[PROVIDED MATERIAL — start]
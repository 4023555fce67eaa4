//! The worked history of `nio_history`, in which each kind of step stands, in parts, without its two draws.
ghost use Rattle.nio_table_tests.specs.Following.{IsPart};

use crate::tables::{ONE, S, ZERO};
use nio_base::{CallerNo, ChanNo, KeyId, Kind, Ops};
use nio_history::{Act, Chan, GateWord, IndexWord, Mark, Stage};

pub(crate) const C: ChanNo = ChanNo(0);

pub(crate) const CLAIMED: Stage = Stage {
    claimed: true,
    published: false,
    cancelled: false,
    removed: false,
    chan: C,
    serial: 0,
};

pub(crate) const VALID: Stage = Stage {
    claimed: true,
    published: true,
    cancelled: false,
    removed: false,
    chan: C,
    serial: 0,
};

pub(crate) const CANCELLED: Stage = Stage {
    claimed: true,
    published: true,
    cancelled: true,
    removed: false,
    chan: C,
    serial: 0,
};

pub(crate) const REMOVED: Stage = Stage {
    claimed: true,
    published: true,
    cancelled: true,
    removed: true,
    chan: C,
    serial: 0,
};

pub(crate) const NEXT_CLAIMED: Stage = Stage {
    claimed: true,
    published: false,
    cancelled: false,
    removed: false,
    chan: C,
    serial: 1,
};

pub(crate) const NEXT_VALID: Stage = Stage {
    claimed: true,
    published: true,
    cancelled: false,
    removed: false,
    chan: C,
    serial: 1,
};

pub(crate) const NEXT_CANCELLED: Stage = Stage {
    claimed: true,
    published: true,
    cancelled: true,
    removed: false,
    chan: C,
    serial: 1,
};

pub(crate) const NEXT_REMOVED: Stage = Stage {
    claimed: true,
    published: true,
    cancelled: true,
    removed: true,
    chan: C,
    serial: 1,
};

pub(crate) const BLOCKING: Chan = Chan {
    made: true,
    kind: Kind::Source,
    closed: false,
    blocking: true,
    serial: 0,
};

pub(crate) const UNBLOCKED: Chan = Chan {
    made: true,
    kind: Kind::Source,
    closed: false,
    blocking: false,
    serial: 0,
};

pub(crate) const CLOSED: Chan = Chan {
    made: true,
    kind: Kind::Source,
    closed: true,
    blocking: true,
    serial: 0,
};

/// The one that has the channel's number after it.
pub(crate) const NEXT_CHANNEL: Chan = Chan {
    made: true,
    kind: Kind::Source,
    closed: false,
    blocking: true,
    serial: 1,
};

pub(crate) const QUIET: GateWord = GateWord {
    woken: false,
    shut: false,
};

pub(crate) const WOKEN: GateWord = GateWord {
    woken: true,
    shut: false,
};

pub(crate) const SHUT: GateWord = GateWord {
    woken: false,
    shut: true,
};

pub(crate) const UNMARKED: Mark = Mark {
    selected: false,
    ready: Ops::NONE,
};

pub(crate) const READABLE: Mark = Mark {
    selected: true,
    ready: Ops::READ,
};

/// The index while its first key is valid and nobody has a pin on it.
pub(crate) const UNPINNED: IndexWord = IndexWord {
    stage: VALID,
    pinned: false,
};

/// The same once its next key is cancelled and somebody has a pin on it.
pub(crate) const PINNED: IndexWord = IndexWord {
    stage: NEXT_CANCELLED,
    pinned: true,
};

pub(crate) const FIRST: KeyId = KeyId {
    index: 0,
    serial: 0,
};

pub(crate) const NEXT: KeyId = KeyId {
    index: 0,
    serial: 1,
};

/// Caller 0 opens a selector and a channel.
pub(crate) fn opening() -> [(CallerNo, Act); 6]
    ensures { IsPart 2 result }
{
    [
        (ZERO, Act::MakeSelector(S, false)),
        (ZERO, Act::LookSelectors(1)),
        (ZERO, Act::LookChannels(0)),
        (ZERO, Act::MakeChannel(C, Kind::Source, false)),
        (ZERO, Act::RaiseChannels(1, 0)),
        (ZERO, Act::LookChannels(1)),
    ]
}

/// It sets non-blocking mode; caller 1 finds the hold taken.
pub(crate) fn set_non_blocking() -> [(CallerNo, Act); 6]
    ensures { IsPart 8 result }
{
    [
        (ZERO, Act::LookChannel(C, BLOCKING)),
        (ZERO, Act::TryHoldBit(C, None)),
        (ONE, Act::TryHoldBit(C, Some(ZERO))),
        (ZERO, Act::LookChannel(C, BLOCKING)),
        (ZERO, Act::SetMode(C, false, BLOCKING)),
        (ZERO, Act::Release(C)),
    ]
}

/// It registers the channel: no index was claimed yet, so it claims index 0, which pins it.
pub(crate) fn registering() -> [(CallerNo, Act); 16]
    ensures { IsPart 14 result }
{
    [
        (ZERO, Act::TryHoldBit(C, None)),
        (ZERO, Act::LookChannel(C, UNBLOCKED)),
        (ZERO, Act::LookReg(C, S, None)),
        (ZERO, Act::LookGate(S, QUIET)),
        (ZERO, Act::LookKeys(S, 0)),
        (ZERO, Act::Claim(S, 0, C, false)),
        (ZERO, Act::RaiseKeys(S, 1, 0)),
        (ZERO, Act::LookGate(S, QUIET)),
        (ZERO, Act::Touch(S, 0, false)),
        (ZERO, Act::SwapInterest(S, 0, Ops::READ, Ops::NONE)),
        (ZERO, Act::SwapNote(S, 0, 7, 0)),
        (ZERO, Act::Enrol(C, S, 0, 0, None)),
        (ZERO, Act::Publish(S, 0, CLAIMED)),
        (ZERO, Act::LookChannel(C, UNBLOCKED)),
        (ZERO, Act::Unpin(S, 0)),
        (ZERO, Act::Release(C)),
    ]
}

/// Under a pin it changes the interest set to and fro.
pub(crate) fn changing_interest() -> [(CallerNo, Act); 6]
    ensures { IsPart 30 result }
{
    let operations = Ops::READ.union(Ops::WRITE);
    [
        (ZERO, Act::Pin(S, 0, VALID)),
        (ZERO, Act::Touch(S, 0, true)),
        (ZERO, Act::OrInterest(S, 0, Ops::WRITE, Ops::READ)),
        (ZERO, Act::AndInterest(S, 0, Ops::READ, operations)),
        (ZERO, Act::LookNote(S, 0, 7)),
        (ZERO, Act::Unpin(S, 0)),
    ]
}

/// It begins a selection; caller 1 finds the turn taken.
pub(crate) fn beginning() -> [(CallerNo, Act); 5]
    ensures { IsPart 36 result }
{
    [
        (ZERO, Act::TakeTurn(S, None)),
        (ONE, Act::TakeTurn(S, Some(ZERO))),
        (ZERO, Act::BeginLook(S, QUIET)),
        (ZERO, Act::LookKeys(S, 1)),
        (ZERO, Act::LookFree(S, 0, 0)),
    ]
}

/// It takes the selector's list, which caller 1 finds taken, and the bit of index 0, and looks there.
pub(crate) fn taking_the_list() -> [(CallerNo, Act); 7]
    ensures { IsPart 41 result }
{
    [
        (ZERO, Act::TakeList(S, None)),
        (ONE, Act::TakeList(S, Some(ZERO))),
        (ZERO, Act::LookTouched(S, 0, 1)),
        (ZERO, Act::TakeTouched(S, 0, 1)),
        (ZERO, Act::LookIndex(S, 0, UNPINNED)),
        (ZERO, Act::LookKey(S, 0, VALID)),
        (ZERO, Act::LookInterest(S, 0, Ops::READ)),
    ]
}

/// Caller 1 wakes it, and cancels the key under a pin, which it keeps.
pub(crate) fn waking_and_cancelling() -> [(CallerNo, Act); 4]
    ensures { IsPart 48 result }
{
    [
        (ONE, Act::Wake(S, false)),
        (ONE, Act::Pin(S, 0, VALID)),
        (ONE, Act::Touch(S, 0, false)),
        (ONE, Act::CancelKey(S, 0, VALID)),
    ]
}

/// It is told of the key twice, and ends the selection: the key is removed, and its index becomes free.
pub(crate) fn marking_and_ending() -> [(CallerNo, Act); 13]
    ensures { IsPart 52 result }
{
    let operations = Ops::READ.union(Ops::WRITE);
    [
        (ZERO, Act::LookMark(S, 0, UNMARKED)),
        (ZERO, Act::Mark(S, 0, UNMARKED, Ops::READ, Ok(()))),
        (ZERO, Act::Mark(S, 0, UNMARKED, Ops::READ, Err(READABLE))),
        (ZERO, Act::Mark(S, 0, READABLE, Ops::WRITE, Ok(()))),
        (
            ZERO,
            Act::LookMark(
                S,
                0,
                Mark {
                    selected: true,
                    ready: operations,
                },
            ),
        ),
        (ZERO, Act::LookGate(S, WOKEN)),
        (ZERO, Act::LookInterrupt(false)),
        (ZERO, Act::LookTouched(S, 0, 1)),
        (ZERO, Act::LookKey(S, 0, CANCELLED)),
        (ZERO, Act::Remove(S, 0, CANCELLED)),
        (ZERO, Act::PutFree(S, 0)),
        (ZERO, Act::EndWake(S, WOKEN)),
        (ZERO, Act::GiveTurn(S)),
    ]
}

/// It registers the channel again: index 0 is free, but caller 1 still has its pin on it.
pub(crate) fn finding_it_pinned() -> [(CallerNo, Act); 14]
    ensures { IsPart 65 result }
{
    [
        (ZERO, Act::LookChannel(C, UNBLOCKED)),
        (ZERO, Act::TryHoldBit(C, None)),
        (ZERO, Act::LookChannel(C, UNBLOCKED)),
        (ZERO, Act::LookReg(C, S, Some(FIRST))),
        (ZERO, Act::Pin(S, 0, REMOVED)),
        (ZERO, Act::Unpin(S, 0)),
        (ZERO, Act::LookGate(S, QUIET)),
        (ZERO, Act::LookKeys(S, 1)),
        (ZERO, Act::LookFree(S, 0, 1)),
        (ZERO, Act::TakeFree(S, 0, true)),
        (ONE, Act::TakeFree(S, 0, false)),
        (ZERO, Act::LookKey(S, 0, REMOVED)),
        (ZERO, Act::ClaimAgain(S, 0, C, REMOVED, true)),
        (ZERO, Act::PutFree(S, 0)),
    ]
}

/// Caller 1 takes its pin off: now the index is given again, to a key with serial 1.
pub(crate) fn registering_again() -> [(CallerNo, Act); 16]
    ensures { IsPart 79 result }
{
    let operations = Ops::READ.union(Ops::WRITE);
    [
        (ONE, Act::UnselectBit(S, 0, true)),
        (ONE, Act::Unpin(S, 0)),
        (ZERO, Act::LookFree(S, 0, 1)),
        (ZERO, Act::TakeFree(S, 0, true)),
        (ZERO, Act::LookKey(S, 0, REMOVED)),
        (ZERO, Act::ClaimAgain(S, 0, C, REMOVED, false)),
        (
            ZERO,
            Act::ClearMark(
                S,
                0,
                Mark {
                    selected: false,
                    ready: operations,
                },
            ),
        ),
        (ZERO, Act::LookGate(S, QUIET)),
        (ZERO, Act::Touch(S, 0, true)),
        (ZERO, Act::SwapInterest(S, 0, Ops::READ, Ops::READ)),
        (ZERO, Act::SwapNote(S, 0, 0, 7)),
        (ZERO, Act::Enrol(C, S, 0, 1, Some(FIRST))),
        (ZERO, Act::Publish(S, 0, NEXT_CLAIMED)),
        (ZERO, Act::LookChannel(C, UNBLOCKED)),
        (ZERO, Act::Unpin(S, 0)),
        (ZERO, Act::Release(C)),
    ]
}

/// It cancels this key too, and a selection removes it. That finds the index pinned by caller 1, so it touches it
/// again.
pub(crate) fn removing_again() -> [(CallerNo, Act); 19]
    ensures { IsPart 95 result }
{
    [
        (ZERO, Act::Pin(S, 0, NEXT_VALID)),
        (ZERO, Act::LookMark(S, 0, UNMARKED)),
        (ZERO, Act::Touch(S, 0, true)),
        (ZERO, Act::CancelKey(S, 0, NEXT_VALID)),
        (ZERO, Act::Unpin(S, 0)),
        (ONE, Act::Pin(S, 0, NEXT_CANCELLED)),
        (ZERO, Act::TakeTurn(S, None)),
        (ZERO, Act::BeginLook(S, QUIET)),
        (ZERO, Act::LookKeys(S, 1)),
        (ZERO, Act::LookFree(S, 0, 0)),
        (ZERO, Act::TakeTouched(S, 0, 1)),
        (ZERO, Act::LookIndex(S, 0, PINNED)),
        (ZERO, Act::Touch(S, 0, false)),
        (ZERO, Act::LookKey(S, 0, NEXT_CANCELLED)),
        (ZERO, Act::Remove(S, 0, NEXT_CANCELLED)),
        (ZERO, Act::PutFree(S, 0)),
        (ZERO, Act::EndWake(S, QUIET)),
        (ZERO, Act::GiveTurn(S)),
        (ONE, Act::Unpin(S, 0)),
    ]
}

/// Caller 1 sets blocking mode again: the enrolled key is removed.
pub(crate) fn blocking_again() -> [(CallerNo, Act); 5]
    ensures { IsPart 114 result }
{
    [
        (ONE, Act::TryHoldBit(C, None)),
        (ONE, Act::LookReg(C, S, Some(NEXT))),
        (ONE, Act::LookKey(S, 0, NEXT_REMOVED)),
        (ONE, Act::SetMode(C, true, UNBLOCKED)),
        (ONE, Act::Release(C)),
    ]
}

/// It closes the channel and the selector, and interrupts caller 0.
pub(crate) fn closing() -> [(CallerNo, Act); 11]
    ensures { IsPart 119 result }
{
    [
        (ONE, Act::CloseBit(C, BLOCKING, BLOCKING)),
        (ONE, Act::LookChannel(C, CLOSED)),
        (ONE, Act::ShutBit(S, false)),
        (ONE, Act::LookGate(S, SHUT)),
        (ZERO, Act::ShutBit(S, true)),
        (ONE, Act::Enter(S, None)),
        (ONE, Act::LookKeys(S, 1)),
        (ONE, Act::Remove(S, 0, NEXT_REMOVED)),
        (ONE, Act::SetInterrupt(ZERO, false)),
        (ZERO, Act::TakeInterrupt(true)),
        (ZERO, Act::LookInterrupt(false)),
    ]
}

/// Caller 1 gives the channel's number to a new channel, once; a closing of the old one that comes late leaves it.
pub(crate) fn reopening() -> [(CallerNo, Act); 8]
    ensures { IsPart 130 result }
{
    [
        (ONE, Act::TryHoldBit(C, None)),
        (ONE, Act::LookReg(C, S, Some(NEXT))),
        (ONE, Act::LookKey(S, 0, NEXT_REMOVED)),
        (ONE, Act::Reopen(C, CLOSED, false)),
        (ONE, Act::Reopen(C, CLOSED, true)),
        (ONE, Act::Release(C)),
        (ZERO, Act::CloseBit(C, BLOCKING, NEXT_CHANNEL)),
        (ZERO, Act::LookChannel(C, NEXT_CHANNEL)),
    ]
}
[PROVIDED MATERIAL — finish]
**EXERCISE PROMPT**.
Only the lines from the start of the data to the line holding "number after it." are wanted; return them exactly, both ends included.

**TASK ANSWER**.
repository 4023555fce67eaa4
//! The worked history of `nio_history`, in which each kind of step stands, in parts, without its two draws.
ghost use Rattle.nio_table_tests.specs.Following.{IsPart};

use crate::tables::{ONE, S, ZERO};
use nio_base::{CallerNo, ChanNo, KeyId, Kind, Ops};
use nio_history::{Act, Chan, GateWord, IndexWord, Mark, Stage};

pub(crate) const C: ChanNo = ChanNo(0);

pub(crate) const CLAIMED: Stage = Stage {
    claimed: true,
    published: false,
    cancelled: false,
    removed: false,
    chan: C,
    serial: 0,
};

pub(crate) const VALID: Stage = Stage {
    claimed: true,
    published: true,
    cancelled: false,
    removed: false,
    chan: C,
    serial: 0,
};

pub(crate) const CANCELLED: Stage = Stage {
    claimed: true,
    published: true,
    cancelled: true,
    removed: false,
    chan: C,
    serial: 0,
};

pub(crate) const REMOVED: Stage = Stage {
    claimed: true,
    published: true,
    cancelled: true,
    removed: true,
    chan: C,
    serial: 0,
};

pub(crate) const NEXT_CLAIMED: Stage = Stage {
    claimed: true,
    published: false,
    cancelled: false,
    removed: false,
    chan: C,
    serial: 1,
};

pub(crate) const NEXT_VALID: Stage = Stage {
    claimed: true,
    published: true,
    cancelled: false,
    removed: false,
    chan: C,
    serial: 1,
};

pub(crate) const NEXT_CANCELLED: Stage = Stage {
    claimed: true,
    published: true,
    cancelled: true,
    removed: false,
    chan: C,
    serial: 1,
};

pub(crate) const NEXT_REMOVED: Stage = Stage {
    claimed: true,
    published: true,
    cancelled: true,
    removed: true,
    chan: C,
    serial: 1,
};

pub(crate) const BLOCKING: Chan = Chan {
    made: true,
    kind: Kind::Source,
    closed: false,
    blocking: true,
    serial: 0,
};

pub(crate) const UNBLOCKED: Chan = Chan {
    made: true,
    kind: Kind::Source,
    closed: false,
    blocking: false,
    serial: 0,
};

pub(crate) const CLOSED: Chan = Chan {
    made: true,
    kind: Kind::Source,
    closed: true,
    blocking: true,
    serial: 0,
};

/// The one that has the channel's number after it.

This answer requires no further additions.